Nos hemos acercado a la tierra otra vez para constatar cómo nos hemos ido alejando de ella irremisiblemente, sin marcha atrás, a no ser un fin de semana en que se unen unas pocas voluntades para salir de la vorágine gris de cemento y luz eléctrica en busca de la tierra auténtica, aquella tierra pura que aún sobrevive en pequeños parajes como este. Esa es la tierra por la que deberíamos luchar y levantar proclamas. Nunca sentí orgullo de pertenecer a ningún territorio, pero sí siento en ocasiones la nostalgia inmensa de parajes como el de la foto donde el hombre se acerca a sí mismo, vuelve a lo que fue su hogar verdadero y el silencio le deja escucharse, acariciar sus propios pensamientos, sentir que la tierra que lo vio nacer un día palpita y le llama y da la bienvenida en su retorno a la paz y al misterio.

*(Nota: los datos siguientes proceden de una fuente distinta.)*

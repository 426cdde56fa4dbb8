//! How many records failed a test and counted as a key.

use hh_records::Layout;
use std::alloc::Global;
use std::cell::RefCell;
use std::sync::Arc;
use std::sync::atomic::{AtomicU64, Ordering};

/// Gives the number that `count` has come to, where there is one.
fn number_in(count: &Option<Arc<AtomicU64, Global>>) -> u64 {
    match count {
        Some(count) => count.load(Ordering::SeqCst),
        None => 0,
    }
}

/// What counts the records that fail a test, where they count as a key.
#[derive(Drop)]
pub struct BadCount {
    count: RefCell<Option<Arc<AtomicU64, Global>>>,
}

impl BadCount {
    /// Begins with none.
    pub fn new() -> BadCount {
        BadCount {
            count: RefCell::new(None),
        }
    }

    /// Watches what counts the bad records of `layout`, if anything does.
    pub fn watch(&self, layout: &Layout) {
        let Some(bad_as) = &layout.bad_as else {
            return;
        };
        if let (Ok(theirs), Ok(mut count)) = (
            Arc::try_clone(&bad_as.count),
            self.count.try_borrow_mut(),
        ) {
            *count = Some(theirs);
        }
    }

    /// Gives how many there were in the last reading.
    pub fn count(&self) -> u64 {
        match self.count.try_borrow() {
            Ok(count) => number_in(&count),
            Err(_) => 0,
        }
    }
}
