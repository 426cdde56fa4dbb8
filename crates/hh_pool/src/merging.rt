//! Summaries merged by a plan.

ghost use Rattle.std.specs.Prelude.{◌≡◌, ◌≤◌, ℕ, length, map, sum_by, slice_index_or};
ghost use Rattle.std.specs.Prelude.{All, Ok, IfOk, IfErr};
ghost use Rattle.hh_stream.specs.Cuttings.{max_pieces};
ghost use Rattle.hh_shared.specs.Numbers.{times, IsDistinctBelow};
ghost use Rattle.hh_summaries.specs.Faults.{IsMergeFault};
ghost use Rattle.hh_workers.specs.Plans.{shape};
ghost use Rattle.hh_pool.specs.Trees.{MergesHonestly, Refuses};
ghost use Rattle.hh_workers.specs.Trees.{IsMergeTree};
ghost use Rattle.hh_pool.specs.Trees.{merge_result, no_sketch, tree_result, tree_value};
ghost use Rattle.hh_workers.specs.Trees.{leaves};

use hh_counters::laws::join_of_honest_is_honest;
use hh_counters::{Summary, SummaryFault};
use hh_workers::{Plan, Tree};
use std::alloc::Global;
use std::mem;

/// Takes a summary, and leaves the summary of no items in its place.
fn take_summary(alloc: Global, summary: &mut Summary) -> Summary
    ensures { result ≡ summary.old }
{
    let empty = Summary::empty(alloc, summary.k());
    mem::replace(summary, empty)
}

/// One summary merged with another.
fn merge_two(mut left: Summary, right: &Summary) -> Result<Summary, SummaryFault>
    ensures merged { IfOk result (λ s. merge_result left right.now ≡ Ok s) }
    ensures refused { IfErr result (Refuses (merge_result left right.now)) }
    ensures faults { IfErr result IsMergeFault }
{
    left.merge(right)?;
    Ok(left)
}

/// Merges the summaries of a tree's pieces, which it takes from their places.
fn merge_tree(
    alloc: Global,
    tree: &Tree,
    summaries: &mut [Summary],
) -> Result<Summary, SummaryFault>
    requires places { IsDistinctBelow (length summaries.old) (leaves (shape tree.now)) }
    requires fits { length summaries.old ≤ max_pieces }
    ensures merged { IfOk result (λ s. tree_result (shape tree.now) summaries.old ≡ Ok s) }
    ensures refused { IfErr result (Refuses (tree_result (shape tree.now) summaries.old)) }
    ensures faults { IfErr result IsMergeFault }
    ensures others { (i : ℕ) → times i (leaves (shape tree.now)) ≡ 0
        → slice_index_or summaries.new i no_sketch ≡ slice_index_or summaries.old i no_sketch }
{
    match tree {
        Tree::Leaf(i) => Ok(take_summary(alloc, &mut summaries[*i])),
        Tree::Node(left, right) => {
            let merged = merge_tree(alloc, left, summaries)?;
            let other = merge_tree(alloc, right, summaries)?;
            merge_two(merged, &other)
        }
    }
}

/// The summaries of the pieces merged as the plan says: a leaf is its piece's summary, and a node
/// is the left result merged with the right one. The refusal is the first one met, in the left tree
/// before the right tree before the node: `DifferentK`, `TotalTooLarge` or `Memory`.
///
/// Whatever the plan, where each summary is honest for a list of items, the result is honest for
/// all of them (Agarwal et al., Mergeable Summaries, PODS 2012).
pub fn merge_by(
    alloc: Global,
    plan: &Plan,
    mut summaries: Vec<Summary>,
) -> Result<Summary, SummaryFault>
    requires { IsMergeTree plan.now (length summaries.items) }
    ensures merged { IfOk result (λ s. tree_result plan.now summaries.items ≡ Ok s) }
    ensures refused { IfErr result (Refuses (tree_result plan.now summaries.items)) }
    ensures faults { IfErr result IsMergeFault }

    ensures k { IfOk result (λ s. All (λ piece. piece.k ≡ s.k) summaries.items) }
    ensures total { IfOk result (λ s. s.total ≡ sum_by (λ piece. piece.total) summaries.items) }
    ensures counters { IfOk result (λ s.
        s.counters ≡ tree_value plan.now (map (λ piece. piece.counters) summaries.items) s.k) }
    ensures honest { IfOk result (λ s. MergesHonestly summaries.items s) }
{
    join_of_honest_is_honest();
    merge_tree(alloc, plan.tree(), &mut summaries)
}
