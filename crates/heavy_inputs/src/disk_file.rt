//! A file of the disk, which workers read.

ghost use Rattle.std.specs.Prelude.{None, ⊤};

use heavy_host::Unread;
use heavy_progress::SharedProgress;
use hh_pieces::{GrowingFile, ReadAt};
use std::io;

/// A file of the disk that is read at any place, by several workers at once. It notes its number
/// where a read fails, or where the file was changed while it was read.
#[derive(Drop)]
pub struct DiskFile<'a> {
    pub(crate) file: GrowingFile,
    /// Its place among the command line's files, from 1 on, and 0 where it has none.
    pub(crate) number: u64,
    /// What can't be read goes there.
    pub(crate) unread: &'a Unread,
    /// What was read goes there, where it is reported.
    pub(crate) progress: Option<&'a SharedProgress<'a>>,
}

impl<'a> ReadAt for DiskFile<'a> {
    ghost bytes = { λ _. None };

    ghost still = { λ _. ⊤ };

    fn len(&self) -> io::Result<u64> {
        self.file.len()
    }

    fn read_at(&self, buf: &mut [u8], at: u64) -> io::Result<usize> {
        let outcome = self.file.read_at(buf, at);
        match &outcome {
            Err(error) => self.unread.note(self.number, error),
            Ok(count) => {
                if let Some(progress) = self.progress {
                    progress.add(*count as u64);
                }
            }
        }
        outcome
    }

    fn check(&self) -> io::Result<()> {
        let outcome = self.file.check();
        if let Err(error) = &outcome {
            self.unread.note(self.number, error);
        }
        outcome
    }
}
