//! What an analysis is asked for.

ghost use Rattle.std.specs.Prelude.{◌≡◌, ◌+◌, ◌*◌, ◌≤◌, ◌↔◌, IfOk, IsErrOf, true, false};
ghost use Rattle.hh_stream.specs.Ranges.{in_range};
ghost use Rattle.hh_summaries.specs.Counters.{max_k};
ghost use Rattle.hh_summaries.specs.Report.{is_threshold, IsShare};
ghost use Rattle.hh_countmin.specs.Family.{max_width, IsFamily};
ghost use Rattle.hh_workers.specs.Workers.{max_workers};

use hh_counters::{MAX_K, is_threshold};
use hh_countmin::{Family, MAX_WIDTH};
use hh_stream::{KeyHash, in_range};
use hh_workers::MAX_WORKERS;
use std::marker::Model;
use thiserror::Error;

/// How a stream is analysed: the k of its summaries, the threshold p/q of its report, the number of
/// workers, and the width and hash family of its table.
#[derive(Debug, Drop)]
pub struct Options {
    k: u64,
    p: u64,
    q: u64,
    workers: u64,
    width: u64,
    family: Family,
    // no number of an outcome depends on it
    hash: KeyHash,
}

impl Model for Options {
    ghost use Rattle.std.specs.Prelude.{◌≡◌, true};
    ghost use Rattle.hh_stream.specs.Ranges.{in_range};
    ghost use Rattle.hh_summaries.specs.Counters.{max_k};
    ghost use Rattle.hh_countmin.specs.Family.{max_width};
    ghost use Rattle.hh_summaries.specs.Report.{is_threshold};
    ghost use Rattle.hh_pool.specs.Settings.{Settings};
    ghost use Rattle.hh_workers.specs.Workers.{max_workers};

    ghost Value = { Settings };

    ghost view = { λ o. record {
      k = o.k;
      p = o.p;
      q = o.q;
      workers = o.workers;
      width = o.width;
      family = o.family;
    } };

    ghost invariant = { λ o.
        (in_range o.k max_k ≡ true) × (is_threshold o.k o.p o.q ≡ true)
        × (in_range o.workers max_workers ≡ true) × (in_range o.width max_width ≡ true) };
}

/// Why there are no such options.
#[derive(Clone, Copy, Debug, PartialEq, Eq, Error)]
pub enum OptionsFault {
    /// k is not 1 to 65,535.
    #[error("k must be 1 to 65535")]
    BadK,
    /// The number of workers is not 1 to [`MAX_WORKERS`].
    #[error("workers must be 1 to 64")]
    BadWorkers,
    /// The width is not 1 to 65,536.
    #[error("width must be 1 to 65536")]
    BadWidth,
    /// The threshold is not p/q with 1 <= p <= q <= [`MAX_Q`](hh_counters::MAX_Q), or it is below
    /// 1/(k + 1).
    #[error("threshold must be p/q with 1 <= p <= q <= 4294967296 and p*(k+1) >= q")]
    BadThreshold,
}

impl Options {
    /// The options with these parts. The report has the keys above p/q of the total weight. That is
    /// at least 1/(k + 1), since a key above it always has a counter. They take no memory. Keys are
    /// hashed by the words that all runs have: where others choose them,
    /// [`hashed_by`](Options::hashed_by) takes words of the run.
    ///
    /// The refusals are tested in the order BadK, BadWorkers, BadWidth, BadThreshold.
    pub fn new(
        k: u64,
        p: u64,
        q: u64,
        workers: u64,
        width: u64,
        family: Family,
    ) -> Result<Options, OptionsFault>
        ensures options { IfOk result (λ options. options ≡ record {
          k = k;
          p = p;
          q = q;
          workers = workers;
          width = width;
          family = family;
        }) }
        ensures bad_k { IsErrOf result OptionsFault.BadK ↔ (in_range k max_k ≡ false) }
        ensures bad_workers { IsErrOf result OptionsFault.BadWorkers
            ↔ ((in_range k max_k ≡ true) × (in_range workers max_workers ≡ false)) }
        ensures bad_width { IsErrOf result OptionsFault.BadWidth
            ↔ ((in_range k max_k ≡ true) × (in_range workers max_workers ≡ true)
            × (in_range width max_width ≡ false)) }
        ensures bad_threshold { IsErrOf result OptionsFault.BadThreshold
            ↔ ((in_range k max_k ≡ true) × (in_range workers max_workers ≡ true)
            × (in_range width max_width ≡ true)
            × (is_threshold k p q ≡ false)) }
    {
        if !in_range(k, MAX_K) {
            return Err(OptionsFault::BadK);
        }
        if !in_range(workers, MAX_WORKERS) {
            return Err(OptionsFault::BadWorkers);
        }
        if !in_range(width, MAX_WIDTH) {
            return Err(OptionsFault::BadWidth);
        }
        if !is_threshold(k, p, q) {
            return Err(OptionsFault::BadThreshold);
        }
        Ok(Options::within(k, p, q, workers, width, family))
    }

    /// [`new`](Options::new) of parts in their ranges, which refuses nothing.
    pub fn within(k: u64, p: u64, q: u64, workers: u64, width: u64, family: Family) -> Options
        requires k { in_range k max_k ≡ true }
        requires threshold { is_threshold k p q ≡ true }
        requires workers { in_range workers max_workers ≡ true }
        requires width { in_range width max_width ≡ true }
        ensures { result ≡ record {
          k = k;
          p = p;
          q = q;
          workers = workers;
          width = width;
          family = family;
        } }
    {
        Options {
            k,
            p,
            q,
            workers,
            width,
            family,
            hash: KeyHash::fixed(),
        }
    }

    /// Has keys hashed by `hash`, which decides how fast a key is found, and nothing of an
    /// outcome.
    pub fn hashed_by(self, hash: KeyHash) -> Options
        ensures { result ≡ self }
    {
        Options { hash, ..self }
    }

    pub(crate) fn hash(&self) -> KeyHash {
        self.hash
    }

    pub(crate) fn k(&self) -> u64
        ensures k { result ≡ self.now.k }
        ensures in_range { in_range self.now.k max_k ≡ true }
    {
        self.k
    }

    /// The p and q of the threshold.
    pub(crate) fn threshold(&self) -> (u64, u64)
        ensures p { result.0 ≡ self.now.p }
        ensures q { result.1 ≡ self.now.q }
        ensures share { IsShare self.now.p self.now.q }
        ensures enough { self.now.q ≤ self.now.p * (self.now.k + 1) }
    {
        (self.p, self.q)
    }

    pub(crate) fn workers(&self) -> u64
        ensures workers { result ≡ self.now.workers }
        ensures in_range { in_range self.now.workers max_workers ≡ true }
    {
        self.workers
    }

    pub(crate) fn width(&self) -> u64
        ensures width { result ≡ self.now.width }
        ensures in_range { in_range self.now.width max_width ≡ true }
    {
        self.width
    }

    pub(crate) fn family(&self) -> &Family
        ensures family { result.now ≡ self.now.family }
        ensures in_range { IsFamily self.now.family }
    {
        // Its contract says that the family is in range.
        let _depth = self.family.depth();
        &self.family
    }
}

Si ya no nos va quedando el agua porque la odiamos y nos ufanamos cuando en octubre el sol abrasa y nos deja ir a la playa -"la lluvia nos da un respiro para el puente" dice un necio periodista incapaz de prever las consecuencias que esos respiros cada vez más prolongados traerán sobre nuestras vidas-; y si el aire está corrompido y sucio, cada vez más denso y plomizo, portador del veneno que generamos para que sea a la vez nuestra vida y nuestra tumba, estúpidos seres que alimentamos a nuestro verdugo y le damos fuerza y presteza para el crimen; si el fuego, en fin, ya no nos calienta ni sirve de hogar para que charlemos tranquilamente con su complicidad y cobijo, pues ya solo lo usamos para quemar los bosques y abrir claros vacíos de vida y llenos de desconsuelo... si ya este estúpido homínido está consumando su obra destructura, ya solo nos queda entonces una porción de tierra en la que poder contemplar con lágrimas y vergüenza lo que pudo ser y no fue. Maldita esta especie incapaz de preservar todos los dones que un día le fueron concedidos.
Es el canto del pájaro, el relincho del potro libre en la inmensidad de los prados, el agua de los arroyos, el sol en la cumbre, las hayas misteriosas llenándose del otoño, los robles, las zarzas, las rocas, el cielo... es el sendero que nos conduce hacia nosotros mismos, hacia nuestro corazón, hecho de sangre y de tierra.